§ Exercise instructions:
Return each line of the records holding the string "first".
:: Data excerpts ::
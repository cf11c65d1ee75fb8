// Times are milliseconds of 64 bits; sums and differences stop at the ends of that range.
#![tactic(auto)]

ghost use Rattle.std.specs.Prelude.{◌≡◌, ◌-◌};
ghost use Rattle.time.specs.Time.{plus};

// The largest time.
pub const LAST: u64 = u64::MAX;

#[tactic(auto, unfolding(crate::specs::Time::plus))]
pub fn saturating_add(a: u64, b: u64) -> u64
    ensures { result ≡ plus a b }
{
    a.saturating_add(b)
}

pub fn saturating_sub(a: u64, b: u64) -> u64
    ensures { result ≡ a - b }
{
    a.saturating_sub(b)
}
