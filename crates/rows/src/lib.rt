// The path ledger's three tables, as words that the host lends. A table is the count of its rows in use, and behind it 64 places of five
// words each, the rows in use first. Any words are a ledger: a count past 64 counts as 64. No other crate knows how rows lie.
#![tactic(auto)]

ghost use Rattle.std.specs.Prelude.{◌≡◌, ◌++◌, ◌≤◌, ◌<◌, ◌+◌, ◌*◌, ◌-◌, length, set, get_or, take, drop, replicate};
ghost use Rattle.prelude.specs.Choice.{no};
ghost use Rattle.rows.specs.Rows.{capacity, keeps_row, kept, find_in, without, crowded, marked, marks_by};
ghost use Rattle.kinds.specs.declared.Entry.{Entry};
ghost use Rattle.rows.specs.declared.Keep.TheVariants.{Below};
ghost use Rattle.rows.specs.declared.Table.TheVariants.{Paths};
ghost use Rattle.rows.specs.Words.{at, no_row, start_of, ledger_words, places_of, rows_from, rows_of, tabled, filled, brought, divided, count_word, laid_from, laid, entered};

use kinds::{Entry, Row};

// How many rows a table has room for.
pub const ROWS: usize = 64;

const ROW_WORDS: usize = 5;

// The count, and the words of each row.
const TABLE_WORDS: usize = 1 + ROW_WORDS * ROWS;

pub type Ledger = [u64; 3 * TABLE_WORDS];

// In the order in which they stand.
#[derive(Clone, Copy)]
pub enum Table {
    // Started dials, by connection.
    Dials,
    // Peers whose next direct connections are punches, until a deadline.
    Windows,
    // The attribution of each connection.
    Paths,
}

// Which rows are kept.
#[derive(Clone, Copy)]
pub enum Keep {
    Below(u64),
    Above(u64),
    Other(u64),
    Lasting(u64),
}

// For each place whether its row is kept.
pub type Marks = [bool; ROWS];

// ---- rows

fn no_row() -> Row
    ensures { result ≡ no_row }
{
    Row {
        key: 0,
        kind: 0,
        a: 0,
        b: 0,
        c: 0,
    }
}

#[tactic(auto, using(crate::proofs::Lasting::lasts_is, crate::proofs::Lists::not_no))]
fn keeps(keep: Keep, row: Row) -> bool
    ensures { result ≡ keeps_row keep row }
{
    match keep {
        Keep::Below(k) => row.key < k,
        Keep::Above(k) => k < row.key,
        Keep::Other(k) => row.key != k,
        Keep::Lasting(now) => row.kind != kinds::WINDOW || now < row.a,
    }
}

// ---- words

// How many words a ledger has: a fact for the proofs.
pub fn known(l: &Ledger)
    ensures { length l.now ≡ ledger_words }
{}

fn start_of(table: Table) -> usize
    ensures { (result ≡ start_of table) × (result ≤ start_of Paths) }
{
    match table {
        Table::Dials => 0,
        Table::Windows => TABLE_WORDS,
        Table::Paths => 2 * TABLE_WORDS,
    }
}

// How many rows are in use.
#[tactic(auto, using(crate::proofs::Words::used_is))]
pub fn used(l: &Ledger, table: Table) -> usize
    ensures { (result ≡ length (rows_of table l.now)) × (result ≤ capacity) }
{
    l[start_of(table)].min(ROWS as u64) as usize
}

// Where the row i begins.
fn place(table: Table, i: usize) -> usize
    requires { i ≤ capacity }
    ensures { (result ≡ start_of table + 1 + 5 * i) × (result ≤ start_of Paths + 1 + 5 * i) }
{
    start_of(table) + 1 + ROW_WORDS * i
}

#[tactic(auto, using(crate::proofs::Words::key_is))]
fn key_at(l: &Ledger, table: Table, i: usize) -> u64
    requires { i < capacity }
    ensures { result ≡ (get_or (places_of (start_of table) l.now) i no_row).key }
{
    l[place(table, i)]
}

#[tactic(auto, using(crate::proofs::Words::read_is))]
fn read(l: &Ledger, table: Table, i: usize) -> Row
    requires { i < capacity }
    ensures { result ≡ get_or (places_of (start_of table) l.now) i no_row }
{
    let p = place(table, i);
    Row {
        key: l[p],
        kind: l[p + 1],
        a: l[p + 2],
        b: l[p + 3],
        c: l[p + 4],
    }
}

#[tactic(auto, using(crate::proofs::Words::write_is, crate::proofs::Words::table_end))]
fn write(l: &mut Ledger, table: Table, i: usize, row: Row)
    requires { i < capacity }
    ensures { l.new ≡ tabled (start_of table) (at l.old (start_of table)) (set (places_of (start_of table) l.old) i row) l.old }
{
    let p = place(table, i);
    l[p] = row.key;
    l[p + 1] = row.kind;
    l[p + 2] = row.a;
    l[p + 3] = row.b;
    l[p + 4] = row.c;
}

// The row at k comes to i; those from i on, up to it, move one up.
fn bring(l: &mut Ledger, table: Table, i: usize, k: usize)
    requires { (i ≤ k) × (k < capacity) }
    ensures { l.new ≡ tabled (start_of table) (at l.old (start_of table)) (brought (places_of (start_of table) l.old) i k) l.old }
{
    let row = read(l, table, k);
    l.copy_within(place(table, i)..place(table, k), place(table, i + 1));
    write(l, table, i, row);
}

// Of the first n places, the rows below the key come first. Answers how many they are.
fn divide(l: &mut Ledger, table: Table, n: usize, key: u64) -> usize
    requires { n < capacity }
    ensures count { (result ≡ length (kept (Below key) (take n (places_of (start_of table) l.old)))) × (result ≤ n) }
    ensures words { l.new ≡ tabled (start_of table) (at l.old (start_of table)) (divided key n (places_of (start_of table) l.old)) l.old }
{
    let mut m = 0;
    for i in 0..n {
        if key_at(l, table, i) < key {
            if m < i {
                bring(l, table, m, i);
            }
            m += 1;
        }
    }
    m
}

// The marked rows move to the front. Answers how many they are.
fn pack(l: &mut Ledger, table: Table, marks: Marks) -> usize
    ensures count { (result ≡ length (marked marks (rows_of table l.old))) × (result ≤ length (rows_of table l.old)) }
    ensures words { l.new ≡ tabled (start_of table) (at l.old (start_of table)) (filled (marked marks (rows_of table l.old)) (places_of (start_of table) l.old)) l.old }
{
    let n = used(l, table);
    let mut m = 0;
    for i in 0..n {
        if marks[i] {
            if m < i {
                write(l, table, m, read(l, table, i));
            }
            m += 1;
        }
    }
    m
}

// Zeros in the places from m on, up to n, and the count m where it was n.
fn settle(l: &mut Ledger, table: Table, n: usize, m: usize)
    requires { (n ≤ capacity) × (m ≤ capacity) }
    ensures { l.new ≡ tabled (start_of table) (count_word (at l.old (start_of table)) n m) (take m (places_of (start_of table) l.old) ++ (replicate (n - m) no_row ++ drop (m + (n - m)) (places_of (start_of table) l.old))) l.old }
{
    l[place(table, m)..place(table, n.max(m))].fill(0);
    if n != m {
        l[start_of(table)] = m as u64;
    }
}

// ---- the calls

// No row in use, and zeros.
pub fn empty() -> Ledger
    ensures { result ≡ replicate ledger_words 0 }
{
    [0u64; 3 * TABLE_WORDS]
}

// The row in use at a place of the order.
#[tactic(auto, using(crate::proofs::Words::used_is))]
pub fn row_at(l: &Ledger, table: Table, i: usize) -> Row
    ensures { result ≡ get_or (rows_of table l.now) i no_row }
{
    if i < used(l, table) {
        return read(l, table, i);
    }
    no_row()
}

// What the first row with the key says.
pub fn find(l: &Ledger, table: Table, key: u64) -> Option<Entry>
    ensures { result ≡ find_in key (rows_of table l.now) }
{
    for i in 0..used(l, table) {
        if key_at(l, table, i) == key {
            return Some(kinds::entry_of(read(l, table, i)));
        }
    }
    None
}

// Whether a row for the key would be the 65th.
pub fn is_crowded(l: &Ledger, table: Table, key: u64) -> bool
    ensures { result ≡ crowded key (rows_of table l.now) }
{
    if used(l, table) < ROWS {
        return false;
    }
    find(l, table, key).is_none()
}

// The row in its place; one of its own key gives way. False, and no change, where it would be the 65th. The rows of its key go; the others
// are divided at it, and it comes between them.
pub fn insert(l: &mut Ledger, table: Table, row: Row) -> bool
    ensures answer { result ≡ no (crowded row.key (rows_of table l.old)) }
    ensures words { l.new ≡ laid table (entered row (rows_of table l.old)) l.old }
{
    if is_crowded(l, table, row.key) {
        return false;
    }
    let before = used(l, table);
    let marks = marks_of(l, table, Keep::Other(row.key));
    let n = pack(l, table, marks);
    let m = divide(l, table, n, row.key);
    write(l, table, n, row);
    bring(l, table, m, n);
    settle(l, table, before, n + 1);
    true
}

fn marks_of(l: &Ledger, table: Table, keep: Keep) -> Marks
    ensures { result ≡ marks_by (keeps_row keep) (rows_of table l.now) }
{
    let mut marks = [false; ROWS];
    for i in 0..used(l, table) {
        marks[i] = keeps(keep, read(l, table, i));
    }
    marks
}

// The rows that are kept.
#[tactic(auto, using(crate::proofs::Lists::marks_such))]
pub fn retain(l: &mut Ledger, table: Table, keep: Keep)
    ensures { l.new ≡ laid table (kept keep (rows_of table l.old)) l.old }
{
    let marks = marks_of(l, table, keep);
    retain_marked(l, table, marks);
}

// The rows that are marked.
pub fn retain_marked(l: &mut Ledger, table: Table, marks: Marks)
    ensures { l.new ≡ laid table (marked marks (rows_of table l.old)) l.old }
{
    let n = used(l, table);
    let m = pack(l, table, marks);
    settle(l, table, n, m);
}

// The rows of other keys.
pub fn remove(l: &mut Ledger, table: Table, key: u64)
    ensures { l.new ≡ laid table (without key (rows_of table l.old)) l.old }
{
    retain(l, table, Keep::Other(key));
}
:::
§ Solution:
// words each, the rows in use first. Any words are a ledger: a count past 64 counts as 64. No other crate knows how rows lie.
// Of the first n places, the rows below the key come first. Answers how many they are.
// What the first row with the key says.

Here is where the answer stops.